I’d love to tell you about it now, but timing is everything. Please check back here Wednesday morning to hear the details.
CourVO
….otherwise, why would he agree to be the voice for Nissan?
No, I get it…these big companies need a REAL actor to give their multi-million-dollar campaigns distinction… not someone who’s worked at the craft of voiceover for years. Yes, I’m unabashedly jealous.
However, in the spot they don’t SAY it’s Robert Downey Jr (just like Lowe’s doesn’t give Gene Hackman credit, or Hyundai doesn’t identify Jeff Bridges)..so, do Nissan and Lowe’s and Hyundai get a benefit from hiring a “NAME” to voice their spots?
How many viewwers are REALLY good at identifying the voices on commercials?
Most viewers:
a) aren’t watching
b) aren’t listening
c) perhaps mildly recognize the voice as “some celebrity”
d) knock themselves out trying to identify the voice for the whole commercial, and miss the point of the spot.
Either way, what’s with these advertising firms going for Hollywood actors’ voices? A REAL voice-actor like Doug Turkel or Thom Wilkins or Deb Grattan, or sheesh…any one of hundreds of qualified voices could do a better job for (probably) less than what Robert Downey Jr. is getting, and EVERYONE would be happier!…except Robert.

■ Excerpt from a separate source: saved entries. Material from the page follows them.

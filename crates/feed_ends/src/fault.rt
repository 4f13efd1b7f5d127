//! The faults that end a day without a report, each with its status.
ghost use Rattle.std.specs.Prelude.{◌≡◌, ◌↔◌, ◌⊎◌, ◌≤◌, Some, None, IfSome};
ghost use Rattle.feed_ends.specs.Faults.{fault_status};
ghost use Rattle.feed_ends.specs.declared.fault.Fault.TheVariants.{Disagrees, Memory};
ghost use Rattle.tape_core.specs.declared.tape_fault.TapeFault.TheVariants.{BadLimit, OutOfMemory as TapeOutOfMemory};

use tape_core::TapeFault;

/// What ends a day without a report, in the order of the statuses.
#[derive(Clone, Copy, Debug, PartialEq, Eq)]
pub enum Fault {
    /// A socket could not be opened, a connection was not accepted, a read failed, or there is not one listener for each
    /// participant.
    Read,
    /// A write or a flush failed.
    Write,
    /// Memory ran out.
    Memory,
    /// No thread could be started.
    Worker,
    /// The tape is not what was told of it, or its limit is outside 1 to `TAPE_MOST`.
    Disagrees,
}

impl Fault {
    /// Returns the status of the fault, 3 to 7.
    pub fn status(self) -> u8
        ensures status { result ≡ fault_status self }
        ensures range { (3 ≤ result) × (result ≤ 7) }
    {
        match self {
            Fault::Read => 3,
            Fault::Write => 4,
            Fault::Memory => 5,
            Fault::Worker => 6,
            Fault::Disagrees => 7,
        }
    }

    /// Returns the one of two faults that has the lower status, or `None` if there is neither.
    pub fn least(one: Option<Fault>, other: Option<Fault>) -> Option<Fault>
        ensures none { (result ≡ None) ↔ ((one ≡ None) × (other ≡ None)) }
        ensures either { IfSome result (λ fault. (one ≡ Some fault) ⊎ (other ≡ Some fault)) }
        ensures one { IfSome result (λ fault. IfSome one (λ f. fault_status fault ≤ fault_status f)) }
        ensures other { IfSome result (λ fault. IfSome other (λ f. fault_status fault ≤ fault_status f)) }
    {
        match (one, other) {
            (Some(one), Some(other)) if other.status() < one.status() => Some(other),
            (Some(fault), _) | (None, Some(fault)) => Some(fault),
            (None, None) => None,
        }
    }
}

impl From<TapeFault> for Fault {
    ghost from_gives = { λ fault day. (fault ≡ BadLimit → day ≡ Disagrees) × (fault ≡ TapeOutOfMemory → day ≡ Memory) };

    fn from(fault: TapeFault) -> Fault {
        match fault {
            TapeFault::BadLimit => Fault::Disagrees,
            TapeFault::OutOfMemory => Fault::Memory,
        }
    }
}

That’s my highly-biased opinion. That’s my sour grapes.
What’s yours?
CourVO
[author's note in P.S.: this blog is generating interesting comments...please see below.]

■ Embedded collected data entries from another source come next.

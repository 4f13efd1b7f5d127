//! The error of a socket that could not be opened, and its text.
ghost use Rattle.std.specs.Prelude.{◌≡◌, IfOk};
ghost use Rattle.feed_ends.specs.SocketFaults.{cause_of, socket_fault_text};

use crate::{Cause, SocketPlace};
use std::alloc::{AllocError, Global};
use std::io::ErrorKind;

/// A socket that could not be opened. A day ends with `Fault::Read` for it.
#[derive(Clone, Copy, Debug, PartialEq, Eq)]
pub struct SocketFault {
    /// The socket.
    pub place: SocketPlace,
    /// The port of the socket.
    pub port: u16,
    /// Why the socket could not be opened.
    pub cause: Cause,
}

impl SocketFault {
    /// Returns the fault of a socket whose opening failed with an error of this kind.
    pub fn new(place: SocketPlace, port: u16, kind: ErrorKind) -> SocketFault
        ensures { result ≡ record { place = place; port = port; cause = cause_of kind } }
    {
        SocketFault {
            place,
            port,
            cause: Cause::of(kind),
        }
    }

    /// Returns the fault in words, without a line feed: `port 23001 (Q): address in use`. It fails if memory runs out.
    pub fn text(self, alloc: Global) -> Result<Vec<u8>, AllocError>
        ensures { IfOk result (λ text. text.items ≡ socket_fault_text self) }
    {
        let mut text = Vec::new(alloc);
        self.place.push(&mut text, self.port)?;
        text.extend_from_slice(b": ")?;
        text.extend_from_slice(self.cause.text())?;
        Ok(text)
    }
}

Thanks to Twitter, I found out Peter O’Connell likes my idea of naming September National VoiceOver Month (hey, maybe we can get a legitimate movement going here!)…but more than that, I found on Twitter the same job listed on THREE different freelancer websites.
Don’t believe me?
…and yes, I think there’s still time to submit.
Who says you can’t find VO job leads in Social Media?
CourVO
….or Congress should declare it as such.
I know there are always workshops and conferences and meet-ups going on EVERY month, but for some reason September seems to be a veritable cornucopia of opportunities.
First and foremost, there’s FAFFCON. Ho, boy! Have you signed up for this yet? Do. Be part of the first-ever VO UNconference. Portland. 2nd weekend in September. Click on the logo for all the info.
Then, there’s THAT’S VOICEOVER, Septemer 22nd. Hosted in NYC by David Letterman’s Alan Kalter and created by Rudy Gaskins and Joan Baker. This is an event that just keeps getting better. 
And then, there’s Marice Tobias — that elusive, but coveted coach holding an “Established Men in VoiceOver” event in my own hometown of Vegas on the last weekend of September.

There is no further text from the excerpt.